Task to complete: Would you please repeat the material exactly, from the first line to the last?

Working data:
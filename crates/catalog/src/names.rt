// The domains that ship, by name and by number, and what is done in the domain that a name stands for.
ghost use Rattle.std.specs.Prelude.{◌≡◌, ⊤, Some};
ghost use Rattle.domain.specs.Carrier.{Dom, as_dom};
ghost use Rattle.catalog.specs.Domains.{name_of, width_of, dom, Named, Numbered};
ghost use Rattle.catalog.specs.Words.{unknown_name_words, unknown_number_words};

use crate::{
    NonzeroPair, NonzeroSpans, NonzeroSpansStrides, NonzeroStrides, Spans, Spans8, Spans9,
    SpansNonzeroStrides, SpansStrides, Strides, StridesSpans,
};
use domain::Domain;
use std::error::Error;
use std::fmt;
use std::str::FromStr;

/// A domain that ships; they are counted from 0 in this order.
#[derive(Clone, Copy, PartialEq, Eq, Debug)]
pub enum DomainName {
    Spans,
    Strides,
    NonzeroSpans,
    NonzeroStrides,
    SpansStrides,
    StridesSpans,
    NonzeroSpansStrides,
    NonzeroPair,
    SpansNonzeroStrides,
    Spans8,
    Spans9,
}

/// What is done in a domain, whichever it is.
pub trait InDomain {
    type Answer;

    // What it may answer in a domain, and what it leaves of itself.
    ghost gives: { Dom → Self → Self.Answer → Self → Type 0 } = { λ _ _ _ _. ⊤ };

    fn run<D: Domain>(&mut self) -> Self::Answer
        ensures { gives (as_dom D D.Domain.describes D.Domain.ops) self.old result self.new };
}

impl DomainName {
    /// All of them, in the order of their numbers.
    pub const ALL: [DomainName; 11] = [
        DomainName::Spans,
        DomainName::Strides,
        DomainName::NonzeroSpans,
        DomainName::NonzeroStrides,
        DomainName::SpansStrides,
        DomainName::StridesSpans,
        DomainName::NonzeroSpansStrides,
        DomainName::NonzeroPair,
        DomainName::SpansNonzeroStrides,
        DomainName::Spans8,
        DomainName::Spans9,
    ];

    /// The name that people write.
    pub fn name(self) -> &'static str
        ensures { result.now ≡ name_of self }
    {
        match self {
            DomainName::Spans => "spans",
            DomainName::Strides => "strides",
            DomainName::NonzeroSpans => "nonzero(spans)",
            DomainName::NonzeroStrides => "nonzero(strides)",
            DomainName::SpansStrides => "pair(spans,strides)",
            DomainName::StridesSpans => "pair(strides,spans)",
            DomainName::NonzeroSpansStrides => "pair(nonzero(spans),strides)",
            DomainName::NonzeroPair => "nonzero(pair(spans,strides))",
            DomainName::SpansNonzeroStrides => "pair(spans,nonzero(strides))",
            DomainName::Spans8 => "spans8",
            DomainName::Spans9 => "spans9",
        }
    }

    /// Does the task in the domain.
    pub fn run<T: InDomain>(self, task: &mut T) -> T::Answer
        ensures { T.gives (dom self) task.old result task.new }
    {
        match self {
            DomainName::Spans => task.run::<Spans>(),
            DomainName::Strides => task.run::<Strides>(),
            DomainName::NonzeroSpans => task.run::<NonzeroSpans>(),
            DomainName::NonzeroStrides => task.run::<NonzeroStrides>(),
            DomainName::SpansStrides => task.run::<SpansStrides>(),
            DomainName::StridesSpans => task.run::<StridesSpans>(),
            DomainName::NonzeroSpansStrides => task.run::<NonzeroSpansStrides>(),
            DomainName::NonzeroPair => task.run::<NonzeroPair>(),
            DomainName::SpansNonzeroStrides => task.run::<SpansNonzeroStrides>(),
            DomainName::Spans8 => task.run::<Spans8>(),
            DomainName::Spans9 => task.run::<Spans9>(),
        }
    }

    /// How many bytes a cell has; 0 where the domain has none.
    pub fn width(self) -> usize
        ensures { result ≡ width_of self }
    {
        self.run(&mut Width)
    }
}

#[derive(Clone, Copy)]
struct Width;

impl InDomain for Width {
    type Answer = usize;

    ghost gives = { λ d _ width _. width ≡ d.ops.width };

    fn run<D: Domain>(&mut self) -> usize {
        D::width()
    }
}

/// A text that is the name of no domain.
#[derive(Clone, Copy, PartialEq, Eq, Debug)]
pub struct UnknownName;

/// A number that no domain has.
#[derive(Clone, Copy, PartialEq, Eq, Debug)]
pub struct UnknownNumber;

impl FromStr for DomainName {
    type Err = UnknownName;

    ghost from_str_gives = { Named };

    fn from_str(text: &str) -> Result<DomainName, UnknownName> {
        // No `ALL.into_iter().find(..)`: it got no proof that where it finds nothing no domain has the name.
        match text {
            "spans" => Ok(DomainName::Spans),
            "strides" => Ok(DomainName::Strides),
            "nonzero(spans)" => Ok(DomainName::NonzeroSpans),
            "nonzero(strides)" => Ok(DomainName::NonzeroStrides),
            "pair(spans,strides)" => Ok(DomainName::SpansStrides),
            "pair(strides,spans)" => Ok(DomainName::StridesSpans),
            "pair(nonzero(spans),strides)" => Ok(DomainName::NonzeroSpansStrides),
            "nonzero(pair(spans,strides))" => Ok(DomainName::NonzeroPair),
            "pair(spans,nonzero(strides))" => Ok(DomainName::SpansNonzeroStrides),
            "spans8" => Ok(DomainName::Spans8),
            "spans9" => Ok(DomainName::Spans9),
            _ => Err(UnknownName),
        }
    }
}

impl TryFrom<u32> for DomainName {
    type Error = UnknownNumber;

    ghost try_from_gives = { Numbered };

    fn try_from(number: u32) -> Result<DomainName, UnknownNumber> {
        DomainName::ALL
            .get(number as usize)
            .copied()
            .ok_or(UnknownNumber)
    }
}

impl fmt::Display for DomainName {
    ghost output = { λ domain. Some (name_of domain) };

    fn fmt<W: fmt::Write>(&self, f: &mut fmt::Formatter<W>) -> fmt::Result {
        f.write_str(self.name())
    }
}

impl fmt::Display for UnknownName {
    ghost output = { λ error. Some (unknown_name_words error) };

    fn fmt<W: fmt::Write>(&self, f: &mut fmt::Formatter<W>) -> fmt::Result {
        f.write_str("no domain has that name")
    }
}

impl fmt::Display for UnknownNumber {
    ghost output = { λ error. Some (unknown_number_words error) };

    fn fmt<W: fmt::Write>(&self, f: &mut fmt::Formatter<W>) -> fmt::Result {
        f.write_str("no domain has that number")
    }
}

impl Error for UnknownName {}

impl Error for UnknownNumber {}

Exercise output:
filename crates/catalog/src/names.rt
// The domains that ship, by name and by number, and what is done in the domain that a name stands for.
ghost use Rattle.std.specs.Prelude.{◌≡◌, ⊤, Some};
ghost use Rattle.domain.specs.Carrier.{Dom, as_dom};
ghost use Rattle.catalog.specs.Domains.{name_of, width_of, dom, Named, Numbered};
ghost use Rattle.catalog.specs.Words.{unknown_name_words, unknown_number_words};

use crate::{
    NonzeroPair, NonzeroSpans, NonzeroSpansStrides, NonzeroStrides, Spans, Spans8, Spans9,
    SpansNonzeroStrides, SpansStrides, Strides, StridesSpans,
};
use domain::Domain;
use std::error::Error;
use std::fmt;
use std::str::FromStr;

/// A domain that ships; they are counted from 0 in this order.
#[derive(Clone, Copy, PartialEq, Eq, Debug)]
pub enum DomainName {
    Spans,
    Strides,
    NonzeroSpans,
    NonzeroStrides,
    SpansStrides,
    StridesSpans,
    NonzeroSpansStrides,
    NonzeroPair,
    SpansNonzeroStrides,
    Spans8,
    Spans9,
}

/// What is done in a domain, whichever it is.
pub trait InDomain {
    type Answer;

    // What it may answer in a domain, and what it leaves of itself.
    ghost gives: { Dom → Self → Self.Answer → Self → Type 0 } = { λ _ _ _ _. ⊤ };

    fn run<D: Domain>(&mut self) -> Self::Answer
        ensures { gives (as_dom D D.Domain.describes D.Domain.ops) self.old result self.new };
}

impl DomainName {
    /// All of them, in the order of their numbers.
    pub const ALL: [DomainName; 11] = [
        DomainName::Spans,
        DomainName::Strides,
        DomainName::NonzeroSpans,
        DomainName::NonzeroStrides,
        DomainName::SpansStrides,
        DomainName::StridesSpans,
        DomainName::NonzeroSpansStrides,
        DomainName::NonzeroPair,
        DomainName::SpansNonzeroStrides,
        DomainName::Spans8,
        DomainName::Spans9,
    ];

    /// The name that people write.
    pub fn name(self) -> &'static str
        ensures { result.now ≡ name_of self }
    {
        match self {
            DomainName::Spans => "spans",
            DomainName::Strides => "strides",
            DomainName::NonzeroSpans => "nonzero(spans)",
            DomainName::NonzeroStrides => "nonzero(strides)",
            DomainName::SpansStrides => "pair(spans,strides)",
            DomainName::StridesSpans => "pair(strides,spans)",
            DomainName::NonzeroSpansStrides => "pair(nonzero(spans),strides)",
            DomainName::NonzeroPair => "nonzero(pair(spans,strides))",
            DomainName::SpansNonzeroStrides => "pair(spans,nonzero(strides))",
            DomainName::Spans8 => "spans8",
            DomainName::Spans9 => "spans9",
        }
    }

    /// Does the task in the domain.
    pub fn run<T: InDomain>(self, task: &mut T) -> T::Answer
        ensures { T.gives (dom self) task.old result task.new }
    {
        match self {
            DomainName::Spans => task.run::<Spans>(),
            DomainName::Strides => task.run::<Strides>(),
            DomainName::NonzeroSpans => task.run::<NonzeroSpans>(),
            DomainName::NonzeroStrides => task.run::<NonzeroStrides>(),
            DomainName::SpansStrides => task.run::<SpansStrides>(),
            DomainName::StridesSpans => task.run::<StridesSpans>(),
            DomainName::NonzeroSpansStrides => task.run::<NonzeroSpansStrides>(),
            DomainName::NonzeroPair => task.run::<NonzeroPair>(),
            DomainName::SpansNonzeroStrides => task.run::<SpansNonzeroStrides>(),
            DomainName::Spans8 => task.run::<Spans8>(),
            DomainName::Spans9 => task.run::<Spans9>(),
        }
    }

    /// How many bytes a cell has; 0 where the domain has none.
    pub fn width(self) -> usize
        ensures { result ≡ width_of self }
    {
        self.run(&mut Width)
    }
}

#[derive(Clone, Copy)]
struct Width;

impl InDomain for Width {
    type Answer = usize;

    ghost gives = { λ d _ width _. width ≡ d.ops.width };

    fn run<D: Domain>(&mut self) -> usize {
        D::width()
    }
}

/// A text that is the name of no domain.
#[derive(Clone, Copy, PartialEq, Eq, Debug)]
pub struct UnknownName;

/// A number that no domain has.
#[derive(Clone, Copy, PartialEq, Eq, Debug)]
pub struct UnknownNumber;

impl FromStr for DomainName {
    type Err = UnknownName;

    ghost from_str_gives = { Named };

    fn from_str(text: &str) -> Result<DomainName, UnknownName> {
        // No `ALL.into_iter().find(..)`: it got no proof that where it finds nothing no domain has the name.
        match text {
            "spans" => Ok(DomainName::Spans),
            "strides" => Ok(DomainName::Strides),
            "nonzero(spans)" => Ok(DomainName::NonzeroSpans),
            "nonzero(strides)" => Ok(DomainName::NonzeroStrides),
            "pair(spans,strides)" => Ok(DomainName::SpansStrides),
            "pair(strides,spans)" => Ok(DomainName::StridesSpans),
            "pair(nonzero(spans),strides)" => Ok(DomainName::NonzeroSpansStrides),
            "nonzero(pair(spans,strides))" => Ok(DomainName::NonzeroPair),
            "pair(spans,nonzero(strides))" => Ok(DomainName::SpansNonzeroStrides),
            "spans8" => Ok(DomainName::Spans8),
            "spans9" => Ok(DomainName::Spans9),
            _ => Err(UnknownName),
        }
    }
}

impl TryFrom<u32> for DomainName {
    type Error = UnknownNumber;

    ghost try_from_gives = { Numbered };

    fn try_from(number: u32) -> Result<DomainName, UnknownNumber> {
        DomainName::ALL
            .get(number as usize)
            .copied()
            .ok_or(UnknownNumber)
    }
}

impl fmt::Display for DomainName {
    ghost output = { λ domain. Some (name_of domain) };

    fn fmt<W: fmt::Write>(&self, f: &mut fmt::Formatter<W>) -> fmt::Result {
        f.write_str(self.name())
    }
}

impl fmt::Display for UnknownName {
    ghost output = { λ error. Some (unknown_name_words error) };

    fn fmt<W: fmt::Write>(&self, f: &mut fmt::Formatter<W>) -> fmt::Result {
        f.write_str("no domain has that name")
    }
}

impl fmt::Display for UnknownNumber {
    ghost output = { λ error. Some (unknown_number_words error) };

    fn fmt<W: fmt::Write>(&self, f: &mut fmt::Formatter<W>) -> fmt::Result {
        f.write_str("no domain has that number")
    }
}

impl Error for UnknownName {}

impl Error for UnknownNumber {}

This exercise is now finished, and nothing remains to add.